Kapolres Tanjungpinang, AKBP Muhammad Iqbal. F.Diskominfo Kota Tanjungpinang untuk Batam Pos

PRO PINANG – Tim pemburu jambret Polres Tanjungpinang meringkus seorang pelaku jambret di Jalan Agus Salim Tanjungpinang, Rabu (7/10). Pelaku yakni Deni, 31 terpaksa dilumpuhkan dengan timah panas sebab berusaha melawan saat akan ditangkap petugas.

Kapolres Tanjungpinang, AKBP Muhammad Iqbal menjelaskan sebelum beraksi, pelaku terlebih dahulu mengintai dan mengikuti korban. Setelah tiba di tempat sepi, pelaku langsung merampas barang bawaan korban. Pelaku lalu kabur meninggalkan korban yang terluka parah.

”Pelaku ini residivis, bekerja sebagai OB (office boy),” jelas Iqbal di Mapolres Tanjungpinang.

Hasil kejahatan digunakan pelaku untuk memenuhi kebutuhan hidup sehari hari. Pelaku juga menggunakan uang hasil kejahatannya untuk membeli narkotika.

”Kami juga menyelidiki apakah pelaku terlibat dalam peredaran narkoba,” terang Iqbal.

Atas perbuatannya pelaku dijerat Pasal 365 tentang Pencurian dengan Kekerasan dengan ancaman 9 tahun penjara. ”Pelaku juga akan dikenakan hukuman tambahan karena berstatus residivis,” kata Kapolres.

Di tempat yang sama, Kasat Reskrim Polres Tanjungpinang AKP Rio Reza Parindra mengungkapkan pelaku merupakan spesialis jambret. Pelaku telah beraksi sebanyak tujuh kali di sejumlah kawasan di Tanjungpinang.

”Dalam satu bulan, ada tujuh TKP (Tempat Kejadian Perkara). Pelaku juga pernah beraksi di Karimun,” jelasnya.

Saat penangkapan, petugas juga mengamankan sejumlah barang bukti hasil kejahatan seperti tas berisi dokumen penting milik korban, tiga unit ponsel, dompet serta satu unit sepeda motor yang digunakan pelaku untuk beraksi.

”Kami masih melakukan penyelidikan, terkait pelaku lainnya,” kata Rio.

Sebelumnya diketahui, jambret sadis kembali beraksi di Tanjungpinang, Senin (5/10). Seorang perempuan muda yakni Arina dilaporkan menjadi korbannya. Aksi kejahatan jalanan tersebut terjadi di Jalan Cempedak sekitar pukul 18.00 WIB.

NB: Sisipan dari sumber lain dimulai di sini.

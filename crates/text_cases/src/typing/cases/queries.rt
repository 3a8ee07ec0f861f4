// SELECT: items and the columns of the result, aggregates, and ORDER BY, LIMIT and OFFSET.

/// Items, and SELECTs with aggregates.
pub(crate) const QUERIES: &str = r#"
# The name is the alias, else the column's, else the function's, else `?column?`.
SELECT 1 => ?column?:i <- 1:i
SELECT 1 AS one, 'a' b => one:i b:t <- 1:i 'a':t
SELECT v FROM t WHERE k = 1 => v:l <- 0.1:l from 0 reads (1) at 1 where =(0.0:l 1:i):b
SELECT v AS k, v + 1, t.v FROM t => k:l ?column?:l v:l <- 0.1:l +(0.1:l 1:i):l 0.1:l from 0 reads (1) at -
SELECT code FROM u => code:v3 <- 0.2:v3 from 1 reads (2) at -
# A literal or NULL as an item is text.
SELECT 'a', NULL, true => ?column?:t ?column?:t ?column?:b <- 'a':t null:t true:b
# `*` is all columns of all entries. The key is never among the columns that are read.
SELECT * FROM t => k:l v:l <- 0.0:l 0.1:l from 0 reads (1) at -
SELECT *, k AS again FROM t => k:l v:l again:l <- 0.0:l 0.1:l 0.0:l from 0 reads (1) at -
SELECT * FROM w, t => name:t n:i k:l v:l <- 0.0:t 0.1:i 1.0:l 1.1:l from 2 0 reads (1) (1) at - -
SELECT k FROM t => k:l <- 0.0:l from 0 reads () at -
SELECT * => S42601
SELECT 1, * => S42601
SELECT nosuch, * => S42703
# Aggregates and their types.
SELECT count(*), count(n), sum(n), min(n) FROM w => count:l count:l sum:l min:i <- count(*):l count(0.1:i):l sum(0.1:i):l min(0.1:i):i from 2 reads (1) at - grouped
SELECT sum(k), max(k) FROM t => sum:n max:l <- sum(0.0:l):n max(0.0:l):l from 0 reads () at - grouped
SELECT min(code), max(name) FROM u => min:t max:t <- min(0.2:v3):t max(0.1:t):t from 1 reads (1,2) at - grouped
SELECT count(ok) AS c FROM u => c:l <- count(0.3:b):l from 1 reads (3) at - grouped
SELECT max(ok) FROM u => S42883
SELECT min(true) => S42883
SELECT sum(name) FROM u => S42883
SELECT sum(true) => S42883
# Without FROM there is one combination, with no columns.
SELECT count(*), sum(2) => count:l sum:l <- count(*):l sum(2:i):l grouped
SELECT sum(2147483648) => sum:n <- sum(2147483648:l):n grouped
# A quoted literal or NULL in an aggregate is text. PostgreSQL answers 42725 where there is no sum of it.
SELECT min(NULL), max('a'), count(NULL) => min:t max:t count:l <- min(null:t):t max('a':t):t count(null:t):l grouped
SELECT sum(NULL) => S42883
SELECT sum('1') => S42883
# An aggregate may stand in an expression, but a numeric is an item or nothing. PostgreSQL calculates with it.
SELECT count(*) + 1 FROM t => ?column?:l <- +(count(*):l 1:i):l from 0 reads () at - grouped
SELECT sum(n + 1) * 2 FROM w => ?column?:l <- *(sum(+(0.1:i 1:i):i):l 2:i):l from 2 reads (1) at - grouped
SELECT sum(v) + 1 FROM t => S0A000
SELECT 1 + sum(v) FROM t => S0A000
SELECT sum(v) + 'x' FROM t => S0A000
SELECT sum(v) = 'x' FROM t => S0A000
SELECT -sum(v) FROM t => S0A000
SELECT sum(v) AND true FROM t => S0A000
SELECT NOT sum(v) FROM t => S0A000
SELECT 1 AND sum(v) FROM t => S42804
SELECT sum(v) IS NULL FROM t => S0A000
SELECT sum(v) IN (1) FROM t => S0A000
SELECT 1 IN (sum(v)) FROM t => S0A000
# Operands come before the node that is at fault.
SELECT sum(v) + nosuch FROM t => S42703
# Function names are folded. PostgreSQL has more functions; here they aren't supported.
SELECT COUNT(*) FROM t => count:l <- count(*):l from 0 reads () at - grouped
SELECT "COUNT"(*) FROM t => S0A000
SELECT upper(name) FROM u => S0A000
SELECT foo(*) => S0A000
SELECT foo(nosuch) => S42703
SELECT sum(*) FROM t => S42883
SELECT max(*) FROM t => S42883
# An aggregate inside another; its argument's names are looked up first.
SELECT sum(count(*)) FROM t => S42803
SELECT count(1 + max(k)) FROM t => S42803
SELECT sum(count(nosuch)) FROM t => S42703
SELECT count(foo(k)) FROM t => S0A000
# Beside an aggregate a column stands in one, and is refused at its place. PostgreSQL looks at it after all items.
SELECT v, count(*) FROM t => S42803
SELECT count(*), v + 1 FROM t => S42803
SELECT *, count(*) FROM t => S42803
SELECT *, count(*) => S42601
SELECT v, sum(nosuch) FROM t => S42803
SELECT v, sum(*) FROM t => S42803
SELECT nosuch, count(*) FROM t => S42703
SELECT q.v, count(*) FROM t => S42P01
SELECT 1, max(v) FROM t WHERE v > 2 => ?column?:i max:l <- 1:i max(0.1:l):l from 0 reads (1) at - where >(0.1:l 2:i):b grouped
"#;

/// ORDER BY, LIMIT and OFFSET.
pub(crate) const ORDERS: &str = r"
# A bare integer is a position, from 1. PostgreSQL answers 42P10 for one that isn't there, and 42601 for a bigint.
SELECT v FROM t ORDER BY 1 => v:l <- 0.1:l from 0 reads (1) at - by 0.1:l
SELECT * FROM t ORDER BY 2 DESC, 1 ASC => k:l v:l <- 0.0:l 0.1:l from 0 reads (1) at - by 0.1:l desc 0.0:l
SELECT v FROM t ORDER BY 0 => S42601
SELECT v FROM t ORDER BY 2 => S42601
SELECT v FROM t ORDER BY 9223372036854775807 => S42601
SELECT 1 ORDER BY 1 => ?column?:i <- 1:i by 1:i
# Other constants are expressions. PostgreSQL takes -1 for a position, and refuses a quoted literal and NULL with 42601.
SELECT v FROM t ORDER BY -1 => v:l <- 0.1:l from 0 reads (1) at - by neg(1:i):i
SELECT 1 ORDER BY 'x', NULL => ?column?:i <- 1:i by 'x':t null:t
# A bare name is the first output column of that name, also before a column of FROM. PostgreSQL answers 42702 where two output
# columns of that name differ.
SELECT 1 AS a ORDER BY a => a:i <- 1:i by 1:i
SELECT k AS v, v AS k FROM t ORDER BY v => v:l k:l <- 0.0:l 0.1:l from 0 reads (1) at - by 0.0:l
SELECT k AS x, v AS x FROM t ORDER BY x => x:l x:l <- 0.0:l 0.1:l from 0 reads (1) at - by 0.0:l
SELECT *, v AS k FROM t ORDER BY k => k:l v:l k:l <- 0.0:l 0.1:l 0.1:l from 0 reads (1) at - by 0.0:l
SELECT u.name FROM u, w ORDER BY name => name:t <- 0.1:t from 1 2 reads (1) () at - - by 0.1:t
# Everything else is an expression over the columns of FROM.
SELECT k AS v FROM t ORDER BY t.v => v:l <- 0.0:l from 0 reads (1) at - by 0.1:l
SELECT k AS v FROM t ORDER BY v + 1 => v:l <- 0.0:l from 0 reads (1) at - by +(0.1:l 1:i):l
SELECT k FROM t ORDER BY v, k DESC => k:l <- 0.0:l from 0 reads (1) at - by 0.1:l 0.0:l desc
SELECT k AS v FROM t ORDER BY x + 1 => S42703
SELECT 1 AS a ORDER BY a + 1 => S42703
SELECT v FROM t ORDER BY nosuch => S42703
SELECT v FROM t ORDER BY q.v => S42P01
SELECT id FROM u, w ORDER BY name => S42702
SELECT v FROM t ORDER BY true + 1, nosuch => S42883
# With an aggregate there is no ORDER BY. PostgreSQL allows it.
SELECT count(*) FROM t ORDER BY 1 => S0A000
SELECT count(*) FROM t ORDER BY nosuch => S0A000
SELECT v FROM t ORDER BY count(*) => S42803
SELECT 1 FROM t ORDER BY count(*) => S0A000
SELECT 1 FROM t ORDER BY v, 1 + sum(nosuch) => S0A000
# LIMIT and OFFSET.
SELECT 1 LIMIT 0 => ?column?:i <- 1:i limit 0
SELECT 1 OFFSET 2 => ?column?:i <- 1:i offset 2
SELECT k FROM t ORDER BY k LIMIT 3 OFFSET 4 => k:l <- 0.0:l from 0 reads () at - by 0.0:l limit 3 offset 4
SELECT count(*) FROM t LIMIT 1 => count:l <- count(*):l from 0 reads () at - limit 1 grouped
";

Awalnya, pelaku mengikuti korban. Tiba di jalan yang sepi, pelaku mendekati korban lalu menarik tas sandang milik korban lalu melarikan diri. Akibatnya korban terjatuh dari sepeda motor yang dikendarainya. Korban mengalami luka parah dan harus menjalani perawatan intensif di rumah sakit. (*/odi/jpg)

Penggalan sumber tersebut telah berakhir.